Tuesday, May 8, 2018

A Note On A Note By Jonathan Turley On Judge Ellis On Mueller And Manafort And Cohen

5/8/18

https://jonathanturley.org/2018/05/08/tale-of-two-cases-manafort-and-cohen-cases-stand-in-glaring-contradiction/

My critique of this column:

....A few thoughts on this column:

You conflate what goes on in oral argument with what a judge is really thinking or stating as law. In the colloquy between lawyer and judge, the judge is at liberty in a Socratic way to put lawyers’ feet to the fire of their positions by raising all kinds of issues, questions, surmises, and hypotheticals. It’s for counsel respectfully to stand up to a judge who has gone over the line.

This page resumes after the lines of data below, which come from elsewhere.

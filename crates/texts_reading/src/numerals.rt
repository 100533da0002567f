// The parts of a text between separators, and the numerals among a line's words.
ghost use Rattle.std.specs.Prelude.{◌≡◌, ◌+◌, ◌-◌, ◌^◌, ◌≤◌, ◌<◌, min, length, set};
ghost use Rattle.notation.specs.Lists.{all, same};
ghost use Rattle.texts.specs.Grammar.{wide_field};
ghost use Rattle.texts.specs.Reading.{is_digit, is_numeral, value_of};
ghost use Rattle.texts.specs.Code.LineParts.{part_end, words_past, capped_value, numeral_of, numerals_of};
ghost use Rattle.texts_reading.specs.Code.NumeralParts.{PartEnds};

use notation::characters::{SPACE, ZERO};
use texts::{NUMBERS, Numerals};

const TEN: u64 = 10;

// The lowest number that fits no field.
const CAP: u64 = 4294967296;

// Where the part of a text from a byte on ends: at the next separator, or where the text ends.
pub fn part_end(text: &[u8], from: usize, separator: u8) -> usize
    requires { from ≤ length text.now }
    ensures end { result ≡ part_end separator text.now from }
    ensures within { (from ≤ result) × (result ≤ length text.now) }
{
    match text[from..].iter().position(|byte| *byte == separator) {
        Some(size) => from + size,
        None => text.len(),
    }
}

// Are two words the same?
pub fn is_word(word: &[u8], name: &[u8]) -> bool
    ensures { result ≡ same name.now word.now }
{
    word == name
}

// Are all bytes of a word digits?
fn all_digits(word: &[u8]) -> bool
    ensures { result ≡ all is_digit word.now }
{
    word.iter().all(|byte| byte.is_ascii_digit())
}

// Is a word a numeral: digits, at least one, and no leading zero?
pub fn is_numeral(word: &[u8]) -> bool
    ensures { result ≡ is_numeral word.now }
{
    word.len() != 0 && all_digits(word) && (word[0] != ZERO || word.len() == 1)
}

// The number that a digit is.
fn digit_value(byte: u8) -> u64
    ensures { (result ≡ byte - 48) × (result < 256) }
{
    u64::from(byte.saturating_sub(ZERO))
}

// A number, or the cap if that is less.
fn capped(value: u64) -> u64
    ensures { result ≡ min wide_field value }
{
    value.min(CAP)
}

// The number that digits are, or the cap if that is less: whatever their number, no sum wraps.
fn value_of(word: &[u8]) -> u64
    ensures { result ≡ min wide_field (value_of word.now) }
{
    let mut value: u64 = 0;
    for byte in word {
        value = capped(TEN * value + digit_value(*byte));
    }
    value
}

// A numeral's value, or the cap if that is less.
pub fn numeral_of(word: &[u8]) -> Option<u64>
    ensures { result ≡ numeral_of word.now }
{
    if is_numeral(word) {
        Some(value_of(word))
    } else {
        None
    }
}

// A numeral's value, or the cap if that is less, and 0 for a word that is no numeral.
pub fn capped_value(word: &[u8]) -> u64
    ensures { result ≡ capped_value word.now }
{
    numeral_of(word).unwrap_or(0)
}

// The numerals that were read and the value of one word more. Past the eighth it is not kept.
fn with_numeral(mut read: Numerals, value: u64) -> Numerals
    requires { read.count + 1 < 2 ^ 64 }
    ensures { result ≡ record { count = read.count + 1; values = set read.values read.count value } }
{
    if read.count < NUMBERS {
        read.values[read.count] = value;
    }
    read.count += 1;
    read
}

// The numerals of a line after the word that ends at a byte. Where a word there is no numeral, the error is what was
// read of all of them, with 0 for such a word.
pub fn numerals_past(line: &[u8], from: usize) -> Result<Numerals, Numerals>
    requires { PartEnds 32 line.now from }
    ensures { result ≡ numerals_of (words_past line.now from) }
{
    let mut good = true;
    let mut read = Numerals {
        count: 0,
        values: [0; NUMBERS],
    };
    let mut at = from;
    while at < line.len() {
        let start = at + 1;
        at = part_end(line, start, SPACE);
        let value = numeral_of(&line[start..at]);
        good = good && value.is_some();
        read = with_numeral(read, value.unwrap_or(0));
    }
    if good { Ok(read) } else { Err(read) }
}
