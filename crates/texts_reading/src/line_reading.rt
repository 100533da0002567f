// One line of a text, read: its form by its first word, then its numbers.
ghost use Rattle.std.specs.Prelude.{◌≡◌};
ghost use Rattle.notation.specs.Checked.{mapped};
ghost use Rattle.taskfile.specs.Code.Refusals.{outcome};
ghost use Rattle.texts.specs.Reading.{line_read};
ghost use Rattle.texts.specs.Code.LineParts.{held};
ghost use Rattle.texts_reading.specs.Code.FormReading.{well_shaped};

use crate::line_forms::{field_count, form_named, may_come, numbers_fit};
use crate::numerals::{numerals_past, part_end};
use notation::characters::SPACE;
use taskfile::refusals::{Refusal, Refused};
use texts::{Form, ReadLine};

// Is a line of a form in the grammar, whatever its numbers are? It may come, and as many numerals as it has fields
// stand after its word.
fn is_shaped(form: Form, stage: u8, count: usize) -> bool
    ensures { result ≡ well_shaped stage form count }
{
    may_come(form, stage) && count == field_count(form)
}

// Reads a line with a number, which comes at a stage.
pub fn read_line(line: &[u8], number: u32, stage: u8) -> Result<ReadLine, Refused<u32>>
    ensures { outcome result ≡ mapped held (line_read number stage line.now) }
{
    let end = part_end(line, 0, SPACE);
    let Some(form) = form_named(&line[..end]) else {
        return Err(Refusal::Line.at(number));
    };
    let Ok(read) = numerals_past(line, end) else {
        return Err(Refusal::Line.at(number));
    };
    if !is_shaped(form, stage, read.count) {
        return Err(Refusal::Line.at(number));
    }
    let numbers = read.values;
    if !numbers_fit(form, numbers) {
        return Err(Refusal::Large.at(number));
    }
    Ok(ReadLine { form, numbers })
}
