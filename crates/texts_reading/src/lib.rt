// A line of a text read: its words and numerals, its form, what it says.
#![tactic(auto)]

pub mod line_forms;
pub mod line_reading;
pub mod numerals;
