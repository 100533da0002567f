// The forms of a line: which one a word names, at which stages it may come, how many numbers it has, and how large.
ghost use Rattle.std.specs.Prelude.{◌≡◌, ◌<◌, length, get_or, take};
ghost use Rattle.texts.specs.Grammar.{row_of, may_come, fits};
ghost use Rattle.texts.specs.Reading.{form_named};
ghost use Rattle.texts.specs.Code.LineParts.{named_of};
ghost use Rattle.texts_reading.specs.Code.FormParts.{stage_number, operation_named};

use crate::numerals::is_word;
use taskfile::limits::OPERATIONS;
use texts::{Form, NUMBERS};

// How far a text has come: the window is due; the start values are due; a task or a lock may come; after a task line,
// an instruction too; after a lock, locks alone.
#[derive(Clone, Copy, PartialEq, Eq, PartialOrd, Ord)]
pub enum Stage {
    Window,
    Start,
    Tasks,
    Body,
    Locks,
}

// The words that lines of the other forms begin with.
const WINDOW: &[u8] = b"window";

const START: &[u8] = b"start";

const TASK: &[u8] = b"task";

const LOCK: &[u8] = b"lock";

// An operation's line: its name, and how many of the fields a, b and c it has.
#[derive(Clone, Copy)]
pub struct OperationLine {
    pub name: &'static [u8],
    pub fields: usize,
}

// The operations' lines in the order of their numbers.
const OPERATION_LINES: [OperationLine; OPERATIONS] = [
    OperationLine {
        name: b"end",
        fields: 0,
    },
    OperationLine {
        name: b"load",
        fields: 2,
    },
    OperationLine {
        name: b"store",
        fields: 2,
    },
    OperationLine {
        name: b"set",
        fields: 2,
    },
    OperationLine {
        name: b"add",
        fields: 2,
    },
    OperationLine {
        name: b"subtract",
        fields: 2,
    },
    OperationLine {
        name: b"less",
        fields: 3,
    },
    OperationLine {
        name: b"equal",
        fields: 3,
    },
    OperationLine {
        name: b"pick",
        fields: 3,
    },
    OperationLine {
        name: b"acquire",
        fields: 1,
    },
    OperationLine {
        name: b"release",
        fields: 1,
    },
    OperationLine {
        name: b"assert",
        fields: 1,
    },
];

// How many fields a line has.
const WINDOW_FIELDS: usize = 1;

const TASK_FIELDS: usize = 3;

const LOCK_FIELDS: usize = 2;

// A field holds numbers below its limit: a byte, or 32 bits.
const BYTE_FIELD: u64 = 256;

const WIDE_FIELD: u64 = 4294967296;

// The place of an operation's line in the table above: End's past the operations.
pub fn operation_row(operation: u8) -> usize
    ensures { (result < 12) × (row_of (Form.InstructionLine result) ≡ row_of (Form.InstructionLine operation)) }
{
    let o = operation as usize;
    if o < OPERATIONS { o } else { 0 }
}

// An operation's line. One above 11 is taken as End.
pub fn operation_line(operation: u8) -> OperationLine
    ensures name { result.name.now ≡ (row_of (Form.InstructionLine operation)).word }
    ensures fields { result.fields ≡ length (row_of (Form.InstructionLine operation)).fields }
{
    OPERATION_LINES[operation_row(operation)]
}

// The form of an instruction by its name.
fn operation_named(word: &[u8]) -> Option<Form>
    ensures { result ≡ named_of (operation_named word.now) }
{
    match OPERATION_LINES.iter().position(|line| line.name == word) {
        Some(operation) => Some(Form::InstructionLine(operation as u8)),
        None => None,
    }
}

// The form whose lines begin with a word.
pub fn form_named(word: &[u8]) -> Option<Form>
    ensures { result ≡ named_of (form_named word.now) }
{
    if is_word(word, WINDOW) {
        Some(Form::WindowLine)
    } else if is_word(word, START) {
        Some(Form::StartLine)
    } else if is_word(word, TASK) {
        Some(Form::TaskLine)
    } else if is_word(word, LOCK) {
        Some(Form::LockLine)
    } else {
        operation_named(word)
    }
}

// How many fields a line of a form has.
pub fn field_count(form: Form) -> usize
    ensures { result ≡ length (row_of form).fields }
{
    match form {
        Form::WindowLine => WINDOW_FIELDS,
        Form::StartLine => NUMBERS,
        Form::TaskLine => TASK_FIELDS,
        Form::InstructionLine(operation) => operation_line(operation).fields,
        Form::LockLine => LOCK_FIELDS,
    }
}

// The first and the last stage at which a line of a form may come.
fn stages_of(form: Form) -> (Stage, Stage)
    ensures earliest { stage_number result.0 ≡ (row_of form).earliest }
    ensures latest { stage_number result.1 ≡ (row_of form).latest }
{
    match form {
        Form::WindowLine => (Stage::Window, Stage::Window),
        Form::StartLine => (Stage::Start, Stage::Start),
        Form::TaskLine => (Stage::Tasks, Stage::Body),
        Form::InstructionLine(_) => (Stage::Body, Stage::Body),
        Form::LockLine => (Stage::Tasks, Stage::Locks),
    }
}

// May a line of a form come at this stage?
pub fn may_come(form: Form, stage: u8) -> bool
    ensures { result ≡ may_come stage (row_of form) }
{
    let (earliest, latest) = stages_of(form);
    earliest as u8 <= stage && stage <= latest as u8
}

// The stage after a line of a form.
pub fn stage_after(form: Form) -> Stage
    ensures { stage_number result ≡ (row_of form).stage }
{
    match form {
        Form::WindowLine => Stage::Start,
        Form::StartLine => Stage::Tasks,
        Form::TaskLine => Stage::Body,
        Form::InstructionLine(_) => Stage::Body,
        Form::LockLine => Stage::Locks,
    }
}

// The limit of field k of a form.
fn field_limit(form: Form, k: usize) -> u64
    requires { k < length (row_of form).fields }
    ensures { result ≡ get_or (row_of form).fields k 0 }
{
    match form {
        Form::WindowLine => WIDE_FIELD,
        Form::StartLine => BYTE_FIELD,
        Form::TaskLine => WIDE_FIELD,
        Form::InstructionLine(_) => BYTE_FIELD,
        Form::LockLine => { if k == 0 { BYTE_FIELD } else { WIDE_FIELD } }
    }
}

// Do the first numbers, one for each field of a form, fit the fields?
pub fn numbers_fit(form: Form, values: [u64; NUMBERS]) -> bool
    ensures { result ≡ fits (row_of form).fields (take (length (row_of form).fields) values) }
{
    (0..field_count(form)).all(|k| values[k] < field_limit(form, k))
}
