// How many of a counter's inputs are true. 64 truths at a time go into a word, and the number of ones in it is the answer.
#![tactic(auto)]

ghost use Rattle.std.specs.Prelude.{◌≡◌, ◌≤◌, length};
ghost use Rattle.std.specs.Int.Count.{ones};
ghost use Rattle.truths.specs.Truths.{true_bytes};

fn word_of(truths: &[u8]) -> u64
    requires { length truths.now ≤ 64 }
    ensures { ones result ≡ true_bytes truths.now }
{
    let mut word: u64 = 0;
    for truth in truths {
        word = word * 2 + u64::from(0 < *truth);
    }
    word
}

// A byte an input, for any number of inputs.
pub fn true_inputs(truths: &[u8]) -> usize
    ensures { result ≡ true_bytes truths.now }
{
    let mut count: usize = 0;
    for block in truths.chunks(64) {
        count += word_of(block).count_ones() as usize;
    }
    count
}
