ghost use Rattle.std.specs.Prelude.{◌≡◌, ◌++◌, [], ◌<◌, ◌≤◌, ◌⊎◌, OnOk, OnErr, IfOk, IsSome, None, Some, false, length, min};
ghost use Rattle.std.specs.Bool.{OnTrue, OnFalse};
ghost use Rattle.jop_outside.specs.Outside.{HasCause, Reads, Writes, risen};
ghost use Rattle.jop_outside.specs.Plan.{after_call, next_fate, with_failing};
ghost use Rattle.dav_link.specs.Links.{OpensAlone, ReadsAlone, WritesAlone};
ghost use Rattle.dav_link.specs.Memory.{KeepsAlone, link_of};

use crate::link::Link;
use jop_base::Bytes;
use jop_outside::{Failed, Faults, Plan, Unread};
use std::alloc::{AllocError, Global};
use std::marker::Model;

/// A link in memory, which gives bytes that were set before and keeps what is written. It keeps the allocator that it
/// is made with: a write for which there is no memory counts as a fault of the link.
#[derive(Debug, Drop)]
pub struct MemLink {
    left: Unread,
    written: Bytes,
    opened: u64,
    faults: Faults,
    starved: Faults,
    plan: Plan,
}

impl Model for MemLink {
    ghost use Rattle.dav_link.specs.Memory.{LinkMemory};

    ghost Value = { LinkMemory };

    ghost view = { λ m. record {
      left = m.left;
      written = m.written;
      opened = m.opened;
      faults = m.faults;
      starved = m.starved;
      plan = m.plan;
    } };
}

impl MemLink {
    /// It gives these bytes, as many a read as fit, and no call is to fail. It isn't opened yet.
    pub fn new(alloc: Global, bytes: Bytes) -> MemLink
        ensures left { result.left ≡ bytes }
        ensures written { result.written ≡ [] }
        ensures opened { result.opened ≡ 0 }
        ensures faults { (result.faults ≡ 0) × (result.starved ≡ 0) }
        ensures plan { result.plan ≡ record { made = 0; failing = [] } }
    {
        MemLink {
            left: Unread::of(bytes),
            written: Bytes::new(alloc),
            opened: 0,
            faults: Faults::new(),
            starved: Faults::new(),
            plan: Plan::new(alloc),
        }
    }

    /// The call of this number, counted from 1 at the first, whichever of the three it is, answers `Failed` and does
    /// nothing else.
    pub fn fail(&mut self, nth: u64) -> Result<(), AllocError>
        ensures ok { OnOk result
            (self.new ≡ record self.old { plan = with_failing self.old.plan nth false }) }
        ensures err { OnErr result (self.new ≡ self.old) }
    {
        self.plan.fail(nth, false)
    }

    /// The bytes that were written.
    pub fn written(&self) -> &[u8]
        ensures { result.now ≡ self.now.written }
    {
        self.written.as_slice()
    }

    /// The bytes that were written, which it keeps no longer.
    pub fn into_written(self) -> Bytes
        ensures { result ≡ self.written }
    {
        self.written
    }

    /// How often it was opened. At 2^64 - 1 the count stays.
    pub fn opened(&self) -> u64
        ensures { result ≡ self.now.opened }
    {
        self.opened
    }

    /// How often it has failed.
    pub fn faults(&self) -> u64
        ensures { result ≡ self.now.faults }
    {
        self.faults.count()
    }

    /// How often it has failed for want of memory alone.
    pub fn starved(&self) -> u64
        ensures { result ≡ self.now.starved }
    {
        self.starved.count()
    }

    /// Whether these bytes are taken, all of them, by the call for which this is planned.
    fn take(&mut self, from: &[u8], fate: Option<bool>) -> bool
        ensures taken { OnTrue result (self.new.written ≡ self.old.written ++ from.now) }
        ensures kept { OnFalse result (self.new.written ≡ self.old.written) }

        ensures planned { OnTrue result (fate ≡ None) }
        ensures fed { OnTrue result (self.new.starved ≡ self.old.starved) }
        ensures missed { OnFalse result (IsSome fate ⊎ (self.new.starved ≡ risen self.old.starved)) }
        ensures alone { KeepsAlone self.old self.new }
    {
        if fate.is_some() {
            return false;
        }
        if self.written.append(from).is_ok() {
            return true;
        }
        self.starved.rise();
        false
    }
}

impl Link for MemLink {
    ghost state = { link_of };

    fn open(&mut self) -> Result<(), Failed>
        ensures alone { OpensAlone (link_of self.old) (link_of self.new) }
        ensures opened { self.new.opened ≡ risen self.old.opened }
        ensures cause { HasCause self.old.faults result self.new.faults }

        ensures planned { OnOk result (next_fate self.old.plan ≡ None) }
        ensures failed { OnErr result (IsSome (next_fate self.old.plan)) }
        ensures counted { self.new.plan ≡ after_call self.old.plan }
    {
        let fate = self.plan.fate();
        self.plan.count_call();
        self.opened = self.opened.saturating_add(1);
        if fate.is_some() {
            self.faults.rise();
            return Err(Failed);
        }
        Ok(())
    }

    fn read(&mut self, into: &mut [u8]) -> Result<usize, Failed>
        ensures within { IfOk result (λ count. count ≤ length into.old) }
        ensures length { length into.new ≡ length into.old }
        ensures read { Reads (Some self.old.left) result into.new (Some self.new.left) }
        ensures alone { ReadsAlone (link_of self.old) (link_of self.new) }
        ensures cause { HasCause self.old.faults result self.new.faults }

        ensures whole { IfOk result (λ count. count ≡ min (length into.old) (length self.old.left)) }
        ensures planned { OnOk result (next_fate self.old.plan ≡ None) }
        ensures failed { OnErr result (IsSome (next_fate self.old.plan)) }
        ensures counted { self.new.plan ≡ after_call self.old.plan }
    {
        let fate = self.plan.fate();
        self.plan.count_call();
        if fate.is_some() {
            self.faults.rise();
            return Err(Failed);
        }
        Ok(self.left.give(into))
    }

    fn write(&mut self, from: &[u8]) -> Result<usize, Failed>
        ensures within { IfOk result (λ count. count ≤ length from.now) }
        ensures progress { IfOk result (λ count. 0 < length from.now → 0 < count) }
        ensures written { Writes (Some self.old.written) from.now result (Some self.new.written) }
        ensures alone { WritesAlone (link_of self.old) (link_of self.new) }
        ensures cause { HasCause self.old.faults result self.new.faults }

        ensures whole { IfOk result (λ count. count ≡ length from.now) }
        ensures planned { OnOk result (next_fate self.old.plan ≡ None) }
        ensures failed { OnErr result
            (IsSome (next_fate self.old.plan) ⊎ (self.new.starved ≡ risen self.old.starved)) }
        ensures fed { OnOk result (self.new.starved ≡ self.old.starved) }
        ensures counted { self.new.plan ≡ after_call self.old.plan }
    {
        let fate = self.plan.fate();
        self.plan.count_call();
        if self.take(from, fate) {
            return Ok(from.len());
        }
        self.faults.rise();
        Err(Failed)
    }
}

Besides how far afield did Ellis go in his characterizing Mueller’s motives? The motion here asserting  no jurisdiction explicitly or patently implicitly is accusing the Special Counsel of bad faith in the exercise of prosecutorial discretion. Given that, how far flung is the judge’s speculative ascription of Mueller’s motivation, however thin Manafort’s argument on that score may be?  Ellis is simply doing what many engaged judges in oral argument do: putting in the baldest terms the other side’s case to arguing counsel.

Finally, don’t you at the end of your column come round to what Ellis was getting at, bad motivation—political motivation, shake down motivation, other unlovely motivation—in the disparate approaches to Manafort and Cohen? If so, I see you undercutting the criticism of Ellis’s concern with prosecutorial motivation with which you begin your column.